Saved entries
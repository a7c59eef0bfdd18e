//! The names of the files that a job reads and writes.
ghost use Rattle.std.specs.Prelude.{◌≡◌, IfOk, option_map};
ghost use Rattle.std.specs.Option.{option_copied};
ghost use Rattle.fpga_problem.specs.Files.{names_said, placed_names_said};
ghost use Rattle.router_says.specs.Names.{
  asked,
  asked_in,
  may_have_several,
  name_of,
  name_of_begun,
  name_of_decoded,
  name_of_five,
  name_of_four,
  name_of_judged,
  name_of_three,
  name_of_two,
  prefix_of,
  prefix_said,
  reach_by,
  reach_of as reach_of_job,
};
ghost use Rattle.run_outcome.specs.declared.text_file.TextFile.TheVariants.{Problem};
ghost use Rattle.router_words.specs.Job.{check_said, decode_said, judge_said, verify_said};
ghost use Rattle.router_words.specs.Word.{words_of};

use fpga_problem::{FourNames, TextFile as ProblemFile, ThreeNames};
use router_words::{CheckJob, DecodeJob, Job, JudgeJob, Method, VerifyJob, WordsFault, read_words};
use run_outcome::TextFile;
use std::alloc::{AllocError, Global};

/// The job that the words ask for, if they ask for one.
pub(crate) fn job_in<'a>(alloc: Global, words: &'a [String]) -> Result<Option<Job<'a>>, AllocError>
    ensures { IfOk result (λ job. asked job ≡ asked_in (words_of words.entry.now)) }
{
    match read_words(alloc, words) {
        Ok(job) => Ok(Some(job)),
        Err(WordsFault::Refused(_)) => Ok(None),
        Err(WordsFault::Memory) => Err(AllocError),
    }
}

/// The name that was given for a file, if the job reads it.
pub(crate) fn given_name<'a>(job: Option<Job<'a>>, file: TextFile) -> Option<&'a str>
    ensures { option_copied result ≡ name_of (asked job.entry) file }
{
    let Some(job) = job else {
        return None;
    };
    match job {
        Job::Route(job) => name_of_four(job.files, file),
        Job::Sweep(job) => name_of_four(job.files, file),
        Job::Encode(job) => name_of_four(job.files, file),
        Job::Decode(job) => name_of_decoded(job, file),
        Job::Core(job) => name_of_four(job.files, file),
        Job::Check(job) => name_of_two(job, file),
        Job::Verify(job) => name_of_five(job, file),
        Job::Judge(job) => name_of_judged(job, file),
        Job::Bound(job) => name_of_three(job.files, file),
        Job::Global(job) => name_of_begun(job.files, job.from, file),
        Job::Least(job) => name_of_begun(job.files, job.from, file),
        Job::Gen(_) | Job::Trial(_) => None,
    }
}

/// The name that was given for a file of the problem, if the job reads it.
pub(crate) fn problem_name<'a>(job: Option<Job<'a>>, file: ProblemFile) -> Option<&'a str>
    ensures { option_copied result ≡ name_of (asked job.entry) (Problem file) }
{
    given_name(job, TextFile::Problem(file))
}

fn name_of_four<'a>(files: FourNames<'a>, file: TextFile) -> Option<&'a str>
    ensures { option_copied result ≡ name_of_four (names_said files.entry) file }
{
    match file {
        TextFile::Problem(ProblemFile::Architecture) => Some(files.architecture),
        TextFile::Problem(ProblemFile::Netlist) => Some(files.netlist),
        TextFile::Problem(ProblemFile::Placement) => Some(files.placement),
        TextFile::Problem(ProblemFile::Route) => Some(files.route),
        TextFile::Cnf | TextFile::Lrat | TextFile::Routed | TextFile::Model => None,
    }
}

fn name_of_two<'a>(job: CheckJob<'a>, file: TextFile) -> Option<&'a str>
    ensures { option_copied result ≡ name_of_two (check_said job.entry) file }
{
    match file {
        TextFile::Cnf => Some(job.cnf),
        TextFile::Lrat => Some(job.lrat),
        TextFile::Problem(_) | TextFile::Routed | TextFile::Model => None,
    }
}

fn name_of_five<'a>(job: VerifyJob<'a>, file: TextFile) -> Option<&'a str>
    ensures { option_copied result ≡ name_of_five (verify_said job.entry) file }
{
    match file {
        TextFile::Routed => Some(job.routed),
        TextFile::Problem(_) | TextFile::Cnf | TextFile::Lrat | TextFile::Model => {
            name_of_four(job.files, file)
        }
    }
}

fn name_of_decoded<'a>(job: DecodeJob<'a>, file: TextFile) -> Option<&'a str>
    ensures { option_copied result ≡ name_of_decoded (decode_said job.entry) file }
{
    match file {
        TextFile::Model => Some(job.model),
        TextFile::Problem(_) | TextFile::Cnf | TextFile::Lrat | TextFile::Routed => {
            name_of_four(job.files, file)
        }
    }
}

fn name_of_three<'a>(files: ThreeNames<'a>, file: TextFile) -> Option<&'a str>
    ensures { option_copied result ≡ name_of_three (placed_names_said files.entry) file }
{
    match file {
        TextFile::Problem(ProblemFile::Architecture) => Some(files.architecture),
        TextFile::Problem(ProblemFile::Netlist) => Some(files.netlist),
        TextFile::Problem(ProblemFile::Placement) => Some(files.placement),
        TextFile::Problem(ProblemFile::Route)
        | TextFile::Cnf
        | TextFile::Lrat
        | TextFile::Routed
        | TextFile::Model => None,
    }
}

fn name_of_judged<'a>(job: JudgeJob<'a>, file: TextFile) -> Option<&'a str>
    ensures { option_copied result ≡ name_of_judged (judge_said job.entry) file }
{
    match file {
        TextFile::Routed => Some(job.routed),
        TextFile::Problem(_) | TextFile::Cnf | TextFile::Lrat | TextFile::Model => {
            name_of_three(job.files, file)
        }
    }
}

fn name_of_begun<'a>(
    files: ThreeNames<'a>,
    from: Option<&'a str>,
    file: TextFile,
) -> Option<&'a str>
    ensures { option_copied result
        ≡ name_of_begun (placed_names_said files.entry) (option_copied from.entry) file }
{
    match file {
        TextFile::Problem(ProblemFile::Route) => from,
        _ => name_of_three(files, file),
    }
}

/// What a job begins the names of the files with that it writes.
#[derive(Clone, Copy)]
pub(crate) enum Written<'a> {
    /// One set of files.
    One(&'a str),
    /// A climb, with files for each width.
    Each(&'a str),
}

/// The files of a job that writes some.
pub(crate) fn files_written(job: Option<Job<'_>>) -> Option<Written<'_>>
    ensures { option_map prefix_said result ≡ prefix_of (asked job.entry) }
{
    let Some(job) = job else {
        return None;
    };
    match job {
        Job::Route(job) => Some(Written::One(job.search.prefix)),
        Job::Core(job) => Some(Written::One(job.prefix)),
        Job::Encode(job) => Some(Written::One(job.prefix)),
        Job::Decode(job) => Some(Written::One(job.prefix)),
        Job::Global(job) => Some(Written::One(job.prefix)),
        Job::Least(job) => Some(Written::One(job.prefix)),
        Job::Gen(job) => Some(Written::One(job.prefix)),
        Job::Sweep(job) => Some(Written::Each(job.search.prefix)),
        Job::Trial(job) => Some(Written::Each(job.search.prefix)),
        Job::Check(_) | Job::Verify(_) | Job::Judge(_) | Job::Bound(_) => None,
    }
}

/// Within how many joins of wires a job has nets reach their sinks, where it says so.
pub(crate) fn reach_asked(job: Option<Job<'_>>) -> Option<u32>
    ensures { result ≡ reach_of_job (asked job.entry) }
{
    let Some(job) = job else {
        return None;
    };
    match job {
        Job::Route(job) => reach_by(job.search.method),
        Job::Sweep(job) => reach_by(job.search.method),
        Job::Encode(job) => reach_by(job.method),
        Job::Decode(job) => reach_by(job.method),
        Job::Verify(job) => job.reach,
        Job::Trial(job) => reach_by(job.search.method),
        Job::Core(_)
        | Job::Check(_)
        | Job::Judge(_)
        | Job::Bound(_)
        | Job::Global(_)
        | Job::Least(_)
        | Job::Gen(_) => None,
    }
}

/// Whether a job judges a routed file in which nets may have several wires of a cell.
pub(crate) fn may_have_several(job: Option<Job<'_>>) -> bool
    ensures { result ≡ may_have_several (asked job.entry) }
{
    let Some(job) = job else {
        return false;
    };
    match job {
        Job::Verify(job) => job.reach.is_some(),
        Job::Judge(job) => !job.strict,
        _ => false,
    }
}

fn reach_by(method: Method) -> Option<u32>
    ensures { result ≡ reach_by method }
{
    match method {
        Method::Within(reach) => Some(reach),
        Method::Strictly | Method::Pinned | Method::Ordered => None,
    }
}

■ **TASK**:
Only the lines above starting at the line that holds "result ≡ name_of_five" and ending at the line that holds "fn name_of_three<'a>(files: ThreeNames<'a>, file: TextFile)" are to be repeated, exactly and in full.

■ **REPLY**:
    ensures { option_copied result ≡ name_of_five (verify_said job.entry) file }
{
    match file {
        TextFile::Routed => Some(job.routed),
        TextFile::Problem(_) | TextFile::Cnf | TextFile::Lrat | TextFile::Model => {
            name_of_four(job.files, file)
        }
    }
}

fn name_of_decoded<'a>(job: DecodeJob<'a>, file: TextFile) -> Option<&'a str>
    ensures { option_copied result ≡ name_of_decoded (decode_said job.entry) file }
{
    match file {
        TextFile::Model => Some(job.model),
        TextFile::Problem(_) | TextFile::Cnf | TextFile::Lrat | TextFile::Routed => {
            name_of_four(job.files, file)
        }
    }
}

fn name_of_three<'a>(files: ThreeNames<'a>, file: TextFile) -> Option<&'a str>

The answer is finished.